From Wikimedia Commons, the free media repository
Jump to navigation Jump to search

Overview

[edit]

Because WCQS is an authenticated service, it is currently not easy or straightforward to use it as an API endpoint in a way you might expect if you are familiar with Wikidata's unauthenticated endpoint.

Nuts and Bolts

[edit]

Authentication is managed through two cookies:

  • wcqsOauth - A long lived cookie that wcqs uses to authenticate the user against commons.wikimedia.org. This cookie is used to refresh the wcqsSession cookie.
  • wcqsSession - A short lived cookie holding a JWT that grants query access to wcqs. This cookie is provided in a 307 redirect to any request that has a valid wcqsOauth cookie but no valid wcqsSession cookie.

Practical usage

[edit]
  • The wcqsOauth cookie needs to be provided by the programmer
  • The wcqsSession cookie will be issued every few hours in a 307 redirect based on the wcqsOauth cookie.
  • Bots will need to use an http library that includes a cookie jar capable of tracking the Set-Cookie calls for wcqsSession and providing the value in future requests.

FAQ

[edit]

How do I get a wcqsOauth cookie?

[edit]

There is currently no easy way to access the cookie programmatically, and it must be done manually from a web browser after visiting https://commons-query.wikimedia.org.

The wcqsOauth cookie is provided in a Set-Cookie header by WCQS after authenticating the user against mediawiki. Unfortunately, there are no API's that expose this value.

Once a browser has successfully authenticated, open the browsers settings menu, view the cookies for the site (typically found under privacy settings), and look for the wcqsOauth cookie. The appropriate value should have two hexadecimal strings with a period in the middle (Example: b8d15147d1cfed1129f1f7f38e2acb03.9f8b5d50d1861bf2198ead63ff345c4a94986c61).

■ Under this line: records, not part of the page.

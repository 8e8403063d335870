// The static library that a program in Rust or C links: the exports, with the clauses of `slider`'s functions.
//
// Holds: for each function of `slider` an export of its name, which calls it. The archive is libslider.a.
// Ports: nothing of its own.
// Adds: nothing to `slider`: a library and a static library are two crates.
#![tactic(auto)]

ghost use Rattle.std.specs.Prelude.{◌≡◌, length};
ghost use Rattle.refusal.specs.Paper.{gives};
ghost use Rattle.square.specs.Square.{read_name, name_said, up_said, down_said, left_said, right_said};
ghost use Rattle.board.specs.Board.{rays, mask, attack, on_block};
ghost use Rattle.board.specs.Blocks.{block_of, size_of, shift_of, subset};
ghost use Rattle.bmis.specs.Bmis.{of_length, in_table, filled, look_up as pext_look_up, extent_of};
ghost use Rattle.candidates.specs.OneBlock.{search_of};
ghost use Rattle.gen_magic.specs.Builds.{from_seed, from_lent};
ghost use Rattle.magic.specs.LookUp.{look_up};
ghost use Rattle.magic.specs.Audit.{audit_says};
ghost use Rattle.slider.specs.Flat.{answer_of, verdict_of, found_of, handed, handed_of, place_of, name_of, step_of};
ghost use Rattle.slider.specs.Batch.{Batch, fewest, walk_asked, pext_asked, moves_asked};

use gen_magic::Record;
use slider::{
    SliderAnswer, SliderBuild, SliderFound, SliderName, SliderPlace, SliderRecords, SliderStep,
    SliderVerdict,
};

#[unsafe(no_mangle)]
pub extern "C" fn slider_rays(kind: u8, sq: u8) -> SliderAnswer
    ensures { result ≡ answer_of (on_block kind sq (gives (rays kind sq))) }
{
    slider::slider_rays(kind, sq)
}

#[unsafe(no_mangle)]
pub extern "C" fn slider_mask(kind: u8, sq: u8) -> SliderAnswer
    ensures { result ≡ answer_of (on_block kind sq (gives (mask kind sq))) }
{
    slider::slider_mask(kind, sq)
}

#[unsafe(no_mangle)]
pub extern "C" fn slider_size(kind: u8, sq: u8) -> SliderAnswer
    ensures { result ≡ answer_of (on_block kind sq (gives (size_of kind sq))) }
{
    slider::slider_size(kind, sq)
}

#[unsafe(no_mangle)]
pub extern "C" fn slider_shift(kind: u8, sq: u8) -> SliderAnswer
    ensures { result ≡ answer_of (on_block kind sq (gives (shift_of kind sq))) }
{
    slider::slider_shift(kind, sq)
}

#[unsafe(no_mangle)]
pub extern "C" fn slider_subset(kind: u8, sq: u8, i: u64) -> SliderAnswer
    ensures { result ≡ answer_of (on_block kind sq (gives (subset kind sq i))) }
{
    slider::slider_subset(kind, sq, i)
}

#[unsafe(no_mangle)]
pub extern "C" fn slider_walk(kind: u8, sq: u8, blockers: u64) -> SliderAnswer
    ensures { result ≡ answer_of (on_block kind sq (gives (attack kind sq blockers))) }
{
    slider::slider_walk(kind, sq, blockers)
}

// The square of a name: a letter a to h, then a digit 1 to 8; what follows is ignored.
#[unsafe(no_mangle)]
pub extern "C" fn slider_square(name: &[u8]) -> SliderAnswer
    ensures { result ≡ answer_of (read_name name.now) }
{
    slider::slider_square(name)
}

#[unsafe(no_mangle)]
pub extern "C" fn slider_name(sq: u8) -> SliderName
    ensures { result ≡ name_of (name_said sq) }
{
    slider::slider_name(sq)
}

#[unsafe(no_mangle)]
pub extern "C" fn slider_up(sq: u8) -> SliderStep
    ensures { result ≡ step_of (up_said sq) }
{
    slider::slider_up(sq)
}

#[unsafe(no_mangle)]
pub extern "C" fn slider_down(sq: u8) -> SliderStep
    ensures { result ≡ step_of (down_said sq) }
{
    slider::slider_down(sq)
}

#[unsafe(no_mangle)]
pub extern "C" fn slider_left(sq: u8) -> SliderStep
    ensures { result ≡ step_of (left_said sq) }
{
    slider::slider_left(sq)
}

#[unsafe(no_mangle)]
pub extern "C" fn slider_right(sq: u8) -> SliderStep
    ensures { result ≡ step_of (right_said sq) }
{
    slider::slider_right(sq)
}

#[unsafe(no_mangle)]
pub extern "C" fn slider_pext_fill(table: &mut [u16]) -> SliderAnswer
    ensures { (result ≡ answer_of (of_length (length table.old) (gives 107648))) × (table.new ≡ filled table.old) }
{
    slider::slider_pext_fill(table)
}

#[unsafe(no_mangle)]
pub extern "C" fn slider_pext_moves(kind: u8, sq: u8, blockers: u64, table: &[u16]) -> SliderAnswer
    ensures { result ≡ answer_of (in_table kind sq (length table.now) (gives (pext_look_up kind sq blockers table.now))) }
{
    slider::slider_pext_moves(kind, sq, blockers, table)
}

// Where a square's block lies in a table of so many entries.
#[unsafe(no_mangle)]
pub extern "C" fn slider_pext_place(kind: u8, sq: u8, table: &[u16]) -> SliderPlace
    ensures { result ≡ place_of (in_table kind sq (length table.now) (gives (extent_of kind sq))) }
{
    slider::slider_pext_place(kind, sq, table)
}

#[unsafe(no_mangle)]
pub extern "C" fn slider_search(kind: u8, sq: u8, seed: u64, budget: u64) -> SliderFound
    ensures { result ≡ found_of (on_block kind sq (search_of (block_of kind sq) seed budget)) }
{
    slider::slider_search(kind, sq, seed, budget)
}

#[unsafe(no_mangle)]
pub extern "C" fn slider_build(
    seed: u64,
    budget: u64,
    table: &mut [u64],
    marks: &mut [u64],
) -> SliderBuild
    ensures { handed result table.new marks.new ≡ handed_of (from_seed seed budget table.old marks.old) }
{
    slider::slider_build(seed, budget, table, marks)
}

#[unsafe(no_mangle)]
pub extern "C" fn slider_build_lent(
    multipliers: &[u64],
    table: &mut [u64],
    marks: &mut [u64],
) -> SliderBuild
    ensures { handed result table.new marks.new ≡ handed_of (from_lent multipliers.now table.old marks.old) }
{
    slider::slider_build_lent(multipliers, table, marks)
}

#[unsafe(no_mangle)]
pub extern "C" fn slider_moves(
    kind: u8,
    sq: u8,
    blockers: u64,
    magic: Record,
    table: &[u64],
) -> SliderAnswer
    ensures { result ≡ answer_of (on_block kind sq (look_up kind sq blockers magic table.now)) }
{
    slider::slider_moves(kind, sq, blockers, magic, table)
}

#[unsafe(no_mangle)]
pub extern "C" fn slider_audit(set: SliderRecords, table: &[u64]) -> SliderVerdict
    ensures { result ≡ verdict_of (audit_says set.records table.now) }
{
    slider::slider_audit(set, table)
}

#[unsafe(no_mangle)]
pub extern "C" fn slider_walk_batch(
    kinds: &[u8],
    squares: &[u8],
    blockers: &[u64],
    numbers: &mut [u64],
    moves: &mut [u64],
) -> u64
    ensures { Batch (walk_asked kinds.now squares.now blockers.now) (fewest (length kinds.now) (length squares.now) (length blockers.now) (length numbers.old) (length moves.old)) result numbers.old moves.old numbers.new moves.new }
{
    slider::slider_walk_batch(kinds, squares, blockers, numbers, moves)
}

#[unsafe(no_mangle)]
pub extern "C" fn slider_pext_moves_batch(
    table: &[u16],
    kinds: &[u8],
    squares: &[u8],
    blockers: &[u64],
    numbers: &mut [u64],
    moves: &mut [u64],
) -> u64
    ensures { Batch (pext_asked table.now kinds.now squares.now blockers.now) (fewest (length kinds.now) (length squares.now) (length blockers.now) (length numbers.old) (length moves.old)) result numbers.old moves.old numbers.new moves.new }
{
    slider::slider_pext_moves_batch(table, kinds, squares, blockers, numbers, moves)
}

#[unsafe(no_mangle)]
pub extern "C" fn slider_moves_batch(
    set: SliderRecords,
    table: &[u64],
    kinds: &[u8],
    squares: &[u8],
    blockers: &[u64],
    numbers: &mut [u64],
    moves: &mut [u64],
) -> u64
    ensures { Batch (moves_asked set.records table.now kinds.now squares.now blockers.now) (fewest (length kinds.now) (length squares.now) (length blockers.now) (length numbers.old) (length moves.old)) result numbers.old moves.old numbers.new moves.new }
{
    slider::slider_moves_batch(set, table, kinds, squares, blockers, numbers, moves)
}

Below are step-by-step directions for both Firefox and Chrome:

Firefox
[edit]
  • Visit https://commons-query.wikimedia.org/ and make sure you are logged in
  • From your menu, choose Tools->Browser Tools->Web Developer Tools. (or hit F12)
  • An inspector should pop up at the bottom.
  • Click on the "Storage" tab and expand "Cookies."
  • There you should find "https://commons-query.wikimedia.org"
  • Copy the cookie associated with "wcqsOauth"
Chrome
[edit]
  • Visit https://commons-query.wikimedia.org/ and make sure you are logged in
  • Go to Settings or Preferences
  • Choose "Privacy and security"
  • Choose "Cookies and other site data"
  • Choose "Set all cookies and site data"
  • In the "Search cookies" box, type "commons-query"
  • Click on commons-query.wikimedia.org (may say "3 cookies")
  • Expand the entry with wcqsOauth
  • Copy the cookie in the "Content" field
[edit]

The wcqsOauth cookie is valid until the user visits Special:OAuthManageMyGrants and revokes access to Wikimedia Commons Query Service. Logging out of commons has no effect on this.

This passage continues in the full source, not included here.